| Data to use |
:::

//! Why work on the disk was given up, and how failures are counted.

ghost use Rattle.std.specs.Prelude.{◌≡◌, Ok, IsErr, MatchResult};
ghost use Rattle.outer_world.specs.Shelves.{HasShelfCause};

use outer_world::ShelfFail;
use std::alloc::{AllocError, AllocFailed};
use std::io;

/// Why work on the disk was given up.
#[derive(Clone, Copy, Debug)]
pub(crate) enum Fault {
    /// The disk or the system refused it, or a name would leave the folder.
    Failed,
    /// There was no memory.
    Mem,
}

impl From<AllocError> for Fault {
    fn from(_: AllocError) -> Fault {
        Fault::Mem
    }
}

impl<T: Drop> From<AllocFailed<T>> for Fault {
    fn from(_: AllocFailed<T>) -> Fault {
        Fault::Mem
    }
}

impl From<io::Error> for Fault {
    fn from(error: io::Error) -> Fault {
        match error.kind() {
            io::ErrorKind::OutOfMemory => Fault::Mem,
            _ => Fault::Failed,
        }
    }
}

/// Counts a failure, and hands the answer on.
pub(crate) fn counted<T>(faults: &mut u64, answer: Result<T, Fault>) -> Result<T, ShelfFail>
    ensures answer { MatchResult answer (λ value. result ≡ Ok value) (λ _. IsErr result) }
    ensures cause { HasShelfCause faults.old faults.new result }
{
    match answer {
        Ok(value) => Ok(value),
        Err(Fault::Mem) => Err(ShelfFail::Mem),
        Err(Fault::Failed) => {
            *faults = faults.saturating_add(1);
            Err(ShelfFail::Failed)
        }
    }
}
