//! The shelf over a folder of the disk.

ghost use Rattle.std.specs.Prelude.{None};

use crate::disk::root_of;
use crate::faults::counted;
use crate::folder::Folder;
use outer_world::{FileName, Shelf, ShelfFail};
use std::alloc::{AllocError, Global};
use std::fs::Files;

/// A shelf over a folder of the disk. It tells no contents, and counts its failures.
#[derive(Drop)]
pub struct FolderShelf<R: Files + AllocGlobal + Clone + Drop> {
    folder: Folder<R>,
    faults: u64,
}

impl<R: Files + AllocGlobal + Clone + Drop> FolderShelf<R> {
    /// A shelf over the folder of this path. It touches nothing yet. Of the shelves that a process has on
    /// one folder at a time, each is given a key of its own: it stages under `stage.KEY`.
    pub fn new(rt: R, path: &str, key: u64) -> Result<Self, AllocError> {
        let root = String::from_str(rt.alloc(), root_of(path))?;
        Ok(FolderShelf {
            folder: Folder::new(rt, root, key),
            faults: 0,
        })
    }
}

impl<R: Files + AllocGlobal + Clone + Drop> Shelf for FolderShelf<R> {
    ghost files = { λ _. None };

    ghost staged = { λ _. None };

    ghost shelf_faults = { λ s. s.faults };

    fn list(
        &mut self,
        alloc: Global,
        folder: &str,
        out: &mut Vec<FileName>,
    ) -> Result<(), ShelfFail> {
        let answer = self.folder.list(alloc, folder, out);
        counted(&mut self.faults, answer)
    }

    fn size(&mut self, name: &FileName) -> Result<Option<u64>, ShelfFail> {
        let answer = self.folder.size(name);
        counted(&mut self.faults, answer)
    }

    fn read_at(&mut self, name: &FileName, at: u64, buf: &mut [u8]) -> Result<usize, ShelfFail> {
        let answer = self.folder.read_at(name, at, buf);
        counted(&mut self.faults, answer)
    }

    fn stage(&mut self, piece: &[u8]) -> Result<(), ShelfFail> {
        let answer = self.folder.stage(piece);
        counted(&mut self.faults, answer)
    }

    fn unstage(&mut self) {
        self.folder.unstage();
    }

    fn commit(&mut self, name: &FileName) -> Result<(), ShelfFail> {
        let answer = self.folder.commit(name);
        counted(&mut self.faults, answer)
    }

    fn remove(&mut self, name: &FileName) -> Result<(), ShelfFail> {
        let answer = self.folder.remove(name);
        counted(&mut self.faults, answer)
    }
}
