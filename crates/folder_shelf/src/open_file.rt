//! The file that was read last.

ghost use Rattle.std.specs.Io.{ReadsAtMost};

use outer_world::FileName;
use std::fs::{Files, OpenFile};
use std::io::{Read, Seek, SeekFrom};
use std::{fs, io};

/// A file that is open to be read. Files of a shelf are put in place whole, so its length stays.
#[derive(Drop)]
pub(crate) struct ReadFile<F: Read + Seek + OpenFile + Drop> {
    name: FileName,
    file: F,
    len: u64,
    /// Where the next read begins, where that is known.
    place: Option<u64>,
}

impl<F: Read + Seek + OpenFile + Drop> ReadFile<F> {
    /// Opens the file of this path, where it is there. A folder is no file.
    pub(crate) fn open<R: Files<File = F>>(
        rt: &R,
        name: FileName,
        path: &str,
    ) -> io::Result<Option<Self>> {
        let file = match fs::open(rt, path) {
            Ok(file) => file,
            Err(error) if error.kind() == io::ErrorKind::NotFound => return Ok(None),
            Err(error) => return Err(error),
        };
        let found = file.metadata()?;
        if !found.is_file() {
            return Ok(None);
        }
        Ok(Some(ReadFile {
            name,
            file,
            len: found.len(),
            place: Some(0),
        }))
    }

    pub(crate) fn is_of(&self, name: &FileName) -> bool {
        self.name == *name
    }

    pub(crate) fn len(&self) -> u64 {
        self.len
    }

    /// Fills the front of the buffer with bytes from a place on: none at the end or past it, and else at
    /// least one into a buffer with room. A file that has become shorter is a failure.
    pub(crate) fn read_at(&mut self, at: u64, buf: &mut [u8]) -> io::Result<usize>
        ensures bound { ReadsAtMost result buf.new }
    {
        if at >= self.len || buf.is_empty() {
            return Ok(0);
        }
        if self.place != Some(at) {
            self.file.seek(SeekFrom::Start(at))?;
        }
        self.place = None;
        let count = read_some(&mut self.file, buf)?;
        if count == 0 {
            return Err(io::ErrorKind::UnexpectedEof.into());
        }
        self.place = at.checked_add(count as u64);
        Ok(count)
    }
}

/// Reads once, and again where a signal came between.
fn read_some<F: Read>(file: &mut F, buf: &mut [u8]) -> io::Result<usize>
    ensures bound { ReadsAtMost result buf.new }
{
    for _ in 0..u64::MAX {
        match file.read(buf) {
            Err(error) if error.kind() == io::ErrorKind::Interrupted => {}
            answer => return answer,
        }
    }
    Err(io::ErrorKind::Interrupted.into())
}
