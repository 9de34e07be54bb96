//! The file that a text is staged in.

use crate::disk::make_folder;
use crate::faults::Fault;
use crate::places::Place;
use std::fs::{File, Files, OpenFile};
use std::io::Write;
use std::{fs, io};

/// A file right in the shelf's folder that a text is staged in, until it is put in place. It is taken
/// away where it is dropped.
pub(crate) struct StageFile<R: Files + Drop> {
    rt: R,
    path: String,
    file: R::File,
}

impl<R: Files + Drop> Drop for StageFile<R> {
    fn drop(self) {
        let StageFile { rt, path, file: _ } = self;
        let _ = fs::remove_file(&rt, path.as_str());
    }
}

impl<R: Files + Drop> StageFile<R> {
    /// Closes a stage that was put in place, and takes nothing away.
    fn close(self) {
        let StageFile {
            rt: _,
            path: _,
            file: _,
        } = self;
    }
}

impl<R: Files + AllocGlobal + Clone + Drop> StageFile<R> {
    /// An empty stage. The shelf's folder is made where it is not there.
    pub(crate) fn begin(rt: &R, root: &str, key: u64) -> Result<Self, Fault> {
        let path = format!(in rt.alloc(); "{root}/stage.{key}")?;
        let rt = rt.clone()?;
        let file = create_anew(&rt, root, path.as_str())?;
        Ok(StageFile { rt, path, file })
    }

    pub(crate) fn add(&mut self, piece: &[u8]) -> Result<(), Fault> {
        self.file.write_all(piece)?;
        Ok(())
    }

    /// Brings the text to the disk. Where that fails the stage is given up, since the system may have
    /// dropped what it could not write, and another try would not tell.
    pub(crate) fn flush(self) -> io::Result<FlushedStage<R>> {
        self.file.sync_all()?;
        Ok(FlushedStage { stage: self })
    }
}

/// A stage whose text is on the disk.
#[derive(Drop)]
pub(crate) struct FlushedStage<R: Files + Drop> {
    stage: StageFile<R>,
}

impl<R: Files + Drop> FlushedStage<R> {
    /// Puts the text in place of a file at once. The folder is made where it is not there.
    pub(crate) fn put(self, place: &Place) -> io::Result<()> {
        let FlushedStage { stage } = self;
        rename_into(&stage.rt, stage.path.as_str(), place)?;
        stage.close();
        Ok(())
    }
}

fn rename_into<R: Files>(rt: &R, path: &str, place: &Place) -> io::Result<()> {
    match fs::rename(rt, path, place.file.as_str()) {
        Err(error) if error.kind() == io::ErrorKind::NotFound => {
            make_folder(rt, place.folder.as_str())?;
            fs::rename(rt, path, place.file.as_str())
        }
        answer => answer,
    }
}

/// A new file of this path. One that a stop left there is taken away, and not written to: after a stop of
/// the machine it might be one with a file that was put in place.
fn create_anew<R: Files>(rt: &R, root: &str, path: &str) -> io::Result<R::File> {
    match File::create_new(rt, path) {
        Err(error) if error.kind() == io::ErrorKind::NotFound => {
            make_folder(rt, root)?;
            File::create_new(rt, path)
        }
        Err(error) if error.kind() == io::ErrorKind::AlreadyExists => {
            fs::remove_file(rt, path)?;
            File::create_new(rt, path)
        }
        answer => answer,
    }
}
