//! What a block claims to be final, before it is appended.

ghost use Rattle.std.specs.Prelude.{◌≡◌, ◌<◌, ◌≤◌, ◌∷◌, length, Some, None, Option, IfSome, IfOk, false, max};
ghost use Rattle.block_record.specs.declared.blocks.Slip.{Slip as SlipOf};
ghost use Rattle.block_record.specs.Slips.{slip as slip_of_block};
ghost use Rattle.block_record.specs.SlipRefs.{slip_seen};
ghost use Rattle.chain_model.specs.Ancestry.{has_id, IsHistory};
ghost use Rattle.chain_model.specs.Finality.{claim as claim_in, final_tip as final_tip_in, root_num, greater};
ghost use Rattle.block_tree.specs.Places.{place_of, slip_at};
ghost use Rattle.fork_db.specs.Claims.{IsLinkOf, claim_at};
ghost use Rattle.fork_db.specs.Verdicts.{agrees_next, fits, parent_verdict, verdict_by, verdict_of};

use crate::db::{ForkDb, Verdict};
use block_record::{Block, Slip, SlipRef};
use block_tree::BlockTree;
use link_rows::Uncounted;

/// Where a next block is linked: at its parent, none for the first block, and at the block that it
/// claims to be final, none where it claims itself.
#[derive(Clone, Copy, PartialEq, Eq, Debug)]
pub struct Linked {
    pub parent: Option<usize>,
    pub claim: Option<usize>,
}

/// Why a block may not come next whose id is new and whose parent is there.
#[derive(Clone, Copy, PartialEq, Eq, Debug)]
pub enum ChildFault {
    /// Its parent has another number than it names, or one that is not below its own.
    ParentNumber,
    /// What it claims to be final and the final tip are not on one path.
    Disagrees,
}

impl ForkDb {
    /// What the block at a place claims to be final.
    pub fn claim(&self, at: usize) -> usize
        requires { at < length self.now.history }
        ensures value { (s : SlipOf) → slip_at self.now.history at ≡ Some s
            → slip_at self.now.history result ≡ claim_in self.now.history s }
        ensures range { result < length self.now.history }
    {
        self.claims[at] as usize
    }

    /// Whether a block may come next, and if not, why.
    pub fn can_append(&self, block: &Block) -> Verdict
        ensures { result ≡ verdict_of self.now.history (slip_of_block block.now) }
    {
        if self.tree.len() == 0 {
            return Verdict::Fits;
        }
        if self.tree.find(&block.id).is_some() {
            return Verdict::IdHeld;
        }
        match self.tree.find(&block.parent_id) {
            Some(parent) => {
                let slip = SlipRef::of_block(block);
                verdict_from(judge_child(&self.tree, self.tip, parent, slip))
            }
            None => Verdict::NoParent,
        }
    }

    /// The same for a block by its slip, whose id is new and whose parent stands at a place: where
    /// it is linked, if it may come next.
    pub fn can_append_on(&self, parent: usize, slip: SlipRef) -> Result<Linked, ChildFault>
        requires fresh { has_id self.now.history (slip_seen slip).id ≡ false }
        requires parent { place_of self.now.history (slip_seen slip).parent_id ≡ Some parent }
        ensures verdict { verdict_by result
            ≡ verdict_of self.now.history (slip_seen slip.entry) }
        ensures linked { IfOk result (IsLinkOf self.now.history (slip_seen slip.entry)) }
    {
        let _ = self.tree.len();
        judge_child(&self.tree, self.tip, parent, slip)
    }

    /// Where a block is linked that may come next and whose parent's place is known, none for the
    /// first block. `can_append_on` gives the same.
    pub fn link(&self, parent: Option<usize>, slip: &Slip) -> Linked
        requires fits { verdict_of self.now.history slip.now ≡ fits }
        requires parent { place_of self.now.history slip.now.parent_id ≡ parent }
        ensures { IsLinkOf self.now.history slip.now result }
    {
        let _ = self.tree.len();
        let claim = older_claim(&self.tree, parent, slip);
        Linked { parent, claim }
    }
}

/// Whether a block may come next whose id is new and whose parent stands at a place.
fn judge_child(
    tree: &BlockTree,
    tip: usize,
    parent: usize,
    slip: SlipRef,
) -> Result<Linked, ChildFault>
    requires sound { IsHistory tree.now.history }
    requires tip { tip < length tree.now.history }
    requires tip_is { slip_at tree.now.history tip ≡ final_tip_in tree.now.history }
    requires fresh { has_id tree.now.history (slip_seen slip).id ≡ false }
    requires parent { place_of tree.now.history (slip_seen slip).parent_id ≡ Some parent }
    ensures verdict { verdict_by result ≡ parent_verdict tree.now.history
        (slip_seen slip.entry) (slip_at tree.now.history parent) }
    ensures linked { IfOk result (IsLinkOf tree.now.history (slip_seen slip.entry)) }
{
    let held = tree.slip(parent);
    if held.num != slip.parent_num || held.num >= slip.num {
        return Err(ChildFault::ParentNumber);
    }
    let claim = claim_below(tree, parent, slip.num, slip.lib_num);
    if agrees_with_tip(tree, tip, parent, claim) {
        Ok(Linked {
            parent: Some(parent),
            claim,
        })
    } else {
        Err(ChildFault::Disagrees)
    }
}

/// The verdict on a block whose id is new and whose parent is there.
fn verdict_from(judged: Result<Linked, ChildFault>) -> Verdict
    ensures { result ≡ verdict_by judged }
{
    match judged {
        Ok(_) => Verdict::Fits,
        Err(ChildFault::ParentNumber) => Verdict::ParentNumber,
        Err(ChildFault::Disagrees) => Verdict::Disagrees,
    }
}

/// The place of what the next block claims, which may be its own.
pub fn claim_place(tree: &BlockTree, linked: Linked) -> usize
    ensures value { (slip : SlipOf) → IsLinkOf tree.now.history slip linked
        → slip_at (slip ∷ tree.now.history) result ≡ claim_in (slip ∷ tree.now.history) slip }
    ensures range { (slip : SlipOf) → IsLinkOf tree.now.history slip linked
        → result ≤ length tree.now.history }
{
    linked.claim.unwrap_or(tree.len())
}

/// What the next block claims: a block of the history, or none where it claims itself.
fn older_claim(tree: &BlockTree, parent: Option<usize>, slip: &Slip) -> Option<usize>
    requires sound { IsHistory (slip.now ∷ tree.now.history) }
    requires parent { place_of tree.now.history slip.now.parent_id ≡ parent }
    ensures value { claim_in (slip.now ∷ tree.now.history) slip.now
        ≡ claim_at (slip.now ∷ tree.now.history) result }
    ensures range { IfSome result (λ c. c < length tree.now.history) }
{
    match parent {
        Some(parent) => claim_below(tree, parent, slip.num, slip.lib_num),
        None => None,
    }
}

/// Up to which number a block with this lib number claims.
fn claim_limit(tree: &BlockTree, lib_num: u64) -> u64
    requires { 0 < length tree.now.history }
    ensures { result ≡ max lib_num (root_num tree.now.history) }
{
    lib_num.max(tree.slip(0).num)
}

/// What a next block with this number and this lib number claims whose parent is at a place: a
/// block of the parent's path, or none where it claims itself.
pub fn claim_below(tree: &BlockTree, parent: usize, num: u64, lib_num: u64) -> Option<usize>
    requires { parent < length tree.now.history }
    ensures value { (s p : SlipOf) → IsHistory (s ∷ tree.now.history)
        → slip_at tree.now.history parent ≡ Some p → s.parent_id ≡ p.id → s.num ≡ num
        → s.lib_num ≡ lib_num
        → claim_in (s ∷ tree.now.history) s ≡ claim_at (s ∷ tree.now.history) result }
    ensures range { IfSome result (λ c. c < length tree.now.history) }
{
    let limit = claim_limit(tree, lib_num);
    if num <= limit {
        return None;
    }
    tree.last_up_to(parent, limit, &mut Uncounted)
}

/// Whether what a next block claims agrees with the final tip.
pub fn agrees_with_tip(tree: &BlockTree, tip: usize, parent: usize, claim: Option<usize>) -> bool
    requires tip { tip < length tree.now.history }
    requires parent { parent < length tree.now.history }
    requires claim { IfSome claim (λ c. c < length tree.now.history) }
    ensures { (s p : SlipOf) → IsHistory (s ∷ tree.now.history)
        → slip_at tree.now.history parent ≡ Some p → s.parent_id ≡ p.id
        → slip_at tree.now.history tip ≡ final_tip_in tree.now.history
        → claim_in (s ∷ tree.now.history) s ≡ claim_at (s ∷ tree.now.history) claim
        → result ≡ agrees_next tree.now.history s }
{
    match claim {
        Some(claim) => {
            tree.on_path(claim, tip, &mut Uncounted) || tree.on_path(tip, claim, &mut Uncounted)
        }
        None => tree.on_path(tip, parent, &mut Uncounted),
    }
}

/// The claim of the newest block where it is the first or has a greater number than the tip, else
/// the tip.
pub fn later_tip(tree: &BlockTree, tip: usize, claim: usize) -> usize
    requires tip { 1 < length tree.now.history → tip < length tree.now.history }
    requires claim { claim < length tree.now.history }
    ensures { (old : Option SlipOf) (c : SlipOf) → (length tree.now.history ≡ 1 → old ≡ None)
        → (1 < length tree.now.history → old ≡ slip_at tree.now.history tip)
        → slip_at tree.now.history claim ≡ Some c
        → slip_at tree.now.history result ≡ greater old c }
{
    if tree.len() == 1 || tree.slip(tip).num < tree.slip(claim).num {
        claim
    } else {
        tip
    }
}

:::

| Directions for this task |
Retype only the lines above between the line with "process has on" and the line with "let answer = self.folder.size(name);", counting those two lines as well, and keep every character as it is.

| Result of this task |
    /// A shelf over the folder of this path. It touches nothing yet. Of the shelves that a process has on
    /// one folder at a time, each is given a key of its own: it stages under `stage.KEY`.
    pub fn new(rt: R, path: &str, key: u64) -> Result<Self, AllocError> {
        let root = String::from_str(rt.alloc(), root_of(path))?;
        Ok(FolderShelf {
            folder: Folder::new(rt, root, key),
            faults: 0,
        })
    }
}

impl<R: Files + AllocGlobal + Clone + Drop> Shelf for FolderShelf<R> {
    ghost files = { λ _. None };

    ghost staged = { λ _. None };

    ghost shelf_faults = { λ s. s.faults };

    fn list(
        &mut self,
        alloc: Global,
        folder: &str,
        out: &mut Vec<FileName>,
    ) -> Result<(), ShelfFail> {
        let answer = self.folder.list(alloc, folder, out);
        counted(&mut self.faults, answer)
    }

    fn size(&mut self, name: &FileName) -> Result<Option<u64>, ShelfFail> {
        let answer = self.folder.size(name);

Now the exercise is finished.